In one of the interviews I found, Robert Stephens says “if something is boring — if it’s three minutes long it’s too long, but if it’s interesting it’s never long enough…you don’t want it to end.” Big same Toby Stephens’ dad, big SAME. I didn’t want it to end. I read the uncut script and I am just floored at what we missed out on. Thankfully some footage and audio remain of some of the cut scenes (but still! check your basements too).
Just fully let it settle into your brain that they filmed all of these stories in the script, and then cut most of it away. Like that is mind-blowing to me, it existed at one point as it was fully intended to be. If this was made now during home entertainment times, they would have no problem releasing an almost four-hour movie, but at the very least there would be a big director’s cut dvd release and we would be enjoying all the small Holmes x Watson moments we deserve.

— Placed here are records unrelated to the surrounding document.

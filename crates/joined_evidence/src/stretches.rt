//! The evidence of an interval, stretch by stretch, over the volumes that show where each begins, or earlier ones too.

ghost use Rattle.std.specs.Prelude.{IfOk};
ghost use Rattle.joined_evidence.specs.Stretches.{IsStretchAt, AreStretches, IsEvidence, IsSpannedEvidence};

use crate::asking::stretch_of;
use crate::laws::found_is_true;
use crate::own_evidence::{finds_nothing, found_at};
use crate::span_searching::SpanEvidence;
use crate::trying::tried_over_spans;
use archive_desk::{FoundStretch, expect_read};
use archive_files::{FilesError, JournalFiles, SettingsScope, SkippedFile, catalogue_of};
use evidence_search::Query;
use journal_archive::{Archive, CoverageSpan};
use std::alloc::Global;
use std::path::PathBuf;
use std::thread::Threads;

/// What files answer of a stretch of an interval.
#[derive(Debug, Drop)]
pub enum SpannedStretch {
    /// What the pair of volumes answers that shows where the stretch begins: it finds something, or is lacking or
    /// refused, or no evidence is found over the spans that were tried.
    Own(FoundStretch),
    /// The stretch's own pair finds nothing, and this is found over spans; and where the stretch ends, in milliseconds
    /// of true time.
    Joined(SpanEvidence, u64),
}

/// The question, what files answer of each stretch of its interval, in order, and which of the files are no volumes.
#[derive(Debug, Drop)]
pub struct SpannedEvidence {
    pub query: Query,
    pub passed_over: Vec<SkippedFile>,
    pub stretches: Vec<SpannedStretch>,
}

/// What is found of a stretch that begins at this moment and ends at that one: over the pair of volumes that shows
/// where it begins, and where that finds nothing over spans.
fn stretch_at<F: JournalFiles>(
    rt: &(impl Threads + Sync),
    alloc: Global,
    files: &F,
    archive: &Archive,
    moment: u64,
    query: &Query,
    end: u64,
) -> Result<SpannedStretch, FilesError>
    ensures { IfOk result (IsStretchAt (F.had files.now) archive.now moment query.now end) }
{
    let reply = found_at(rt, alloc, files, archive, moment, query)?;
    if !finds_nothing(&reply) {
        return Ok(SpannedStretch::Own(FoundStretch { reply, end }));
    }
    match tried_over_spans(rt, alloc, files, archive, query)? {
        Some(evidence) => Ok(SpannedStretch::Joined(evidence, end)),
        None => Ok(SpannedStretch::Own(FoundStretch { reply, end })),
    }
}

/// What is found of each of the stretches.
fn found_over<F: JournalFiles>(
    rt: &(impl Threads + Sync),
    alloc: Global,
    files: &F,
    archive: &Archive,
    query: &Query,
    spans: &[CoverageSpan],
) -> Result<Vec<SpannedStretch>, FilesError>
    ensures { IfOk result
        (λ stretches. AreStretches (F.had files.now) archive.now query.now spans.now stretches.items) }
{
    let mut stretches = Vec::new(alloc);
    for span in spans {
        let asked = stretch_of(query, span);
        let stretch = stretch_at(rt, alloc, files, archive, span.from, &asked, span.to)?;
        stretches.push(stretch)?;
    }
    Ok(stretches)
}

/// What is found of each stretch of the question's interval, which lie end to end; of the question as it is where its
/// interval has no moment.
fn stretches_for<F: JournalFiles>(
    rt: &(impl Threads + Sync),
    alloc: Global,
    files: &F,
    archive: &Archive,
    query: &Query,
) -> Result<Vec<SpannedStretch>, FilesError>
    ensures { IfOk result (λ stretches. IsEvidence (F.had files.now) archive.now query.now stretches.items) }
{
    let from = query.from.milliseconds();
    if from < query.to.milliseconds() {
        let spans = archive.over(alloc, query.from, query.to, query.skew, query.transit)?;
        return found_over(rt, alloc, files, archive, query, &spans);
    }
    let stretch = stretch_at(rt, alloc, files, archive, from, query, from)?;
    let mut stretches = Vec::new(alloc);
    stretches.push(stretch)?;
    Ok(stretches)
}

/// The evidence that the client held the prefix over the interval: for each stretch that one pair of volumes shows, in
/// order, over that pair, as far as the two bear each other out; where it finds nothing over the first spans that do,
/// of those that `who` takes where the stretch begins; or which side lacks a stretch. An interval without a moment is
/// asked of as it is, where it begins.
///
/// `Archive` where the volumes can't be of one pair of servers, `Unread` where a file by the name of a volume's can't
/// be read; `OtherHead`, `Changed` or `Faulty` where a file of a stretch's own pair, or one beside it, isn't what the
/// archive knows of it, or begins otherwise than the one before it names; `Changed` also where an earlier file isn't
/// what the archive knows of it; `Memory` where a growth was refused.
pub fn find_widest<F: JournalFiles>(
    rt: &(impl Threads + Sync),
    alloc: Global,
    files: &F,
    names: &[PathBuf],
    query: &Query,
) -> Result<SpannedEvidence, FilesError>
    ensures { IfOk result
        (IsSpannedEvidence (F.had files.now) (F.files files.now) names.now query.now) }
{
    found_is_true();
    let catalogue = catalogue_of(alloc, files, SettingsScope::OfEach)?;
    expect_read(names, &catalogue.passed_over)?;
    let stretches = stretches_for(rt, alloc, files, &catalogue.archive, query)?;
    Ok(SpannedEvidence {
        query: *query,
        passed_over: catalogue.passed_over,
        stretches,
    })
}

Anyway, in pretty short order I found a bunch of interesting links to stuff, details below. I also consulted my very well-thumbed Conversations with Wilder book by Cameron Crowe, but there wasn’t that much more information in there. I have Robert Stephens’ memoir Knight Errant and the TPLOSH blu-ray on order so I’ll add to this post if I find any more good resources. Let me know if I’m missing anything, and enjoy!
Full movie on YouTube (x) <-update: this link went private, but it's also streaming for free on Tubi and Freevee, and available to rent on YouTube, Google Play, and Apple TV
Original roadshow draft of script on Internet Archive (x)
Missing footage: Prologue [sound only plus stills] (x), The Curious Case of the Upside Down Room [sound only plus stills] (x), The Dreadful Business of the Naked Honeymooners [footage and soundtrack only, no sound dialogue] (x), alternate ending [sound only] (x)
Making of documentary that includes behind-the-scenes snippets of some of the cut scenes [this doc is in German, but you can turn on the auto-translate to English in the YouTube settings] (x)
Interview with Ernst Walter, film editor of TPLOSH (x)
Interview with Christopher Lee “Mr. Holmes, Mr. Wilder” 2003 (x)
My YouTube playlist with all of the above links in one place plus an excellent fan vid by Just Bee that I added to the list because it’s just so good (x)
Missing Movies: A Case for Sherlock Holmes from 1994 BBC Radio 2 on Soundcloud [includes interview with Robert Stephens and folks involved in the production] (x)
Articles about the lost Loch Ness monster prop (x) (x)
The soundtrack by Miklós Rózsa (x)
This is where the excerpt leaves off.